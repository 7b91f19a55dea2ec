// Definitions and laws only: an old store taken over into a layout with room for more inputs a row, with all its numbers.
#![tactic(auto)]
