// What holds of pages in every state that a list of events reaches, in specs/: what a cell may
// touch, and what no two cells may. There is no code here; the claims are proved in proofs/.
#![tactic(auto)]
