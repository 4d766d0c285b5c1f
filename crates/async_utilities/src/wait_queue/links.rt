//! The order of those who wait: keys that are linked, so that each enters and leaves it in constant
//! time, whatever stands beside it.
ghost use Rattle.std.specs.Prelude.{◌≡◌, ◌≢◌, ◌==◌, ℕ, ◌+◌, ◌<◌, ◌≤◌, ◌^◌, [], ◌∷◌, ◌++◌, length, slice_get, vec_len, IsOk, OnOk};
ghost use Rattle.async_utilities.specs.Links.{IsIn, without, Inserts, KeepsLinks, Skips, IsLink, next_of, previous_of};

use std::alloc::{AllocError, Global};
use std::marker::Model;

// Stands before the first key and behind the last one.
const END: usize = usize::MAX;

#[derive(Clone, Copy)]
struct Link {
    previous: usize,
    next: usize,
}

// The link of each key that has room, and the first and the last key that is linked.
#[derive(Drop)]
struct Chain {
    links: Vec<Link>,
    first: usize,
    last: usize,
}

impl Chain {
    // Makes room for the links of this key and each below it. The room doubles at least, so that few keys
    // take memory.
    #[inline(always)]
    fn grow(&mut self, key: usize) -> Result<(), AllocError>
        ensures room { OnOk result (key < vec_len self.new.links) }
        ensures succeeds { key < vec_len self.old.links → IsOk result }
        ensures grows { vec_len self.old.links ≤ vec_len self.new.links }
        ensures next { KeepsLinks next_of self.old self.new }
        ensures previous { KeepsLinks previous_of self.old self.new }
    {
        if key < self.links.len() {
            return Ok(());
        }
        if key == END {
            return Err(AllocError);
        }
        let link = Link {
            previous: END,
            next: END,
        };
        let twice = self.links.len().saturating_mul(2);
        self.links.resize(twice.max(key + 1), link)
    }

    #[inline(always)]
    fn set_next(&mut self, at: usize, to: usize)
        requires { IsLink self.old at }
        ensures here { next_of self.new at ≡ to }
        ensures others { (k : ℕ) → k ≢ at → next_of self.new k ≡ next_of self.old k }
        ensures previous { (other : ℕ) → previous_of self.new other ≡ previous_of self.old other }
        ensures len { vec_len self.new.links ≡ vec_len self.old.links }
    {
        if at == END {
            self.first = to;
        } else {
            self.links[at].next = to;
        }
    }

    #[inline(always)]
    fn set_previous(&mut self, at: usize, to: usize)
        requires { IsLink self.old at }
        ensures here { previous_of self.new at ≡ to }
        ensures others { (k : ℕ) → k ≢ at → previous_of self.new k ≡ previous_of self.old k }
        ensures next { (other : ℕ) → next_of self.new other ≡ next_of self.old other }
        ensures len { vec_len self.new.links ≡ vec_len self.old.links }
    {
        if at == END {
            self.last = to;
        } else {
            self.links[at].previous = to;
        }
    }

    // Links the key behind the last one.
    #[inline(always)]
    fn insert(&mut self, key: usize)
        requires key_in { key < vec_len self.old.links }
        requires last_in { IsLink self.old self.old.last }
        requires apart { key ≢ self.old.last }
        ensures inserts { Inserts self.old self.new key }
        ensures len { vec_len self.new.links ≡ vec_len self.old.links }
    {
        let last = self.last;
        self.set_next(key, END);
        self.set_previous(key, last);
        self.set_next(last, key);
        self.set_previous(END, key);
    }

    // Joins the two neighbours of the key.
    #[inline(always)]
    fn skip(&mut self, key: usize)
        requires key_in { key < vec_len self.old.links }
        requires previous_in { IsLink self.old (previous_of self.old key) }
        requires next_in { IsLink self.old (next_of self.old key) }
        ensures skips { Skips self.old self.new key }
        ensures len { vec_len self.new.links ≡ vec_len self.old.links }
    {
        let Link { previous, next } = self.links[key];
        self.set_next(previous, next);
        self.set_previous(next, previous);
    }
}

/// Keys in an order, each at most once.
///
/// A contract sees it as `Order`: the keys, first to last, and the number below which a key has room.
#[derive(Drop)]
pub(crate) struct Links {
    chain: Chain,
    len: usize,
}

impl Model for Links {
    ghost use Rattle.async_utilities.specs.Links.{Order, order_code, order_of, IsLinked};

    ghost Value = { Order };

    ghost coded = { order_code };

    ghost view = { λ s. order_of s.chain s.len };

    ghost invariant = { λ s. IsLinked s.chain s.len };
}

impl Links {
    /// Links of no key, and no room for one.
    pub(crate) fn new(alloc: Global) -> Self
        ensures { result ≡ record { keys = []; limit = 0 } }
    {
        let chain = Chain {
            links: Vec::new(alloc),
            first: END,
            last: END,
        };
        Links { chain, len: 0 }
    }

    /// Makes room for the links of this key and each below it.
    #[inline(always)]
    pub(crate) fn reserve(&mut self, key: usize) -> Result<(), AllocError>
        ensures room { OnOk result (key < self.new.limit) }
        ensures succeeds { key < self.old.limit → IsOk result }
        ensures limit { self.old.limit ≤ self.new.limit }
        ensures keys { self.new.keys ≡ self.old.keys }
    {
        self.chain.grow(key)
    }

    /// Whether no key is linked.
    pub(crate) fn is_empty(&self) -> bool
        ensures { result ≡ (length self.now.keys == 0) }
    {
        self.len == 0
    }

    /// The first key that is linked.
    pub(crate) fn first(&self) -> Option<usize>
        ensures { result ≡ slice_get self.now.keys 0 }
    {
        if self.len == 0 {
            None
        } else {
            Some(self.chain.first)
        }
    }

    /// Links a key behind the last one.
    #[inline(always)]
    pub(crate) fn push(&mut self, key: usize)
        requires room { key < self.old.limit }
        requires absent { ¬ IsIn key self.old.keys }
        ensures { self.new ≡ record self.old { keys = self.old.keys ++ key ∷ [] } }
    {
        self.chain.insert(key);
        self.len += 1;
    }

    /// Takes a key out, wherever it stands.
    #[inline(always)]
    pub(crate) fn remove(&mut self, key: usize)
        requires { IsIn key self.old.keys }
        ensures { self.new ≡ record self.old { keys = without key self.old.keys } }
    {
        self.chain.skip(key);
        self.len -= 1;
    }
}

## REQUIRED WORK
Tell how many lines in the material above include the word "impl", giving the number only.

## SOLUTION TO THIS TASK
3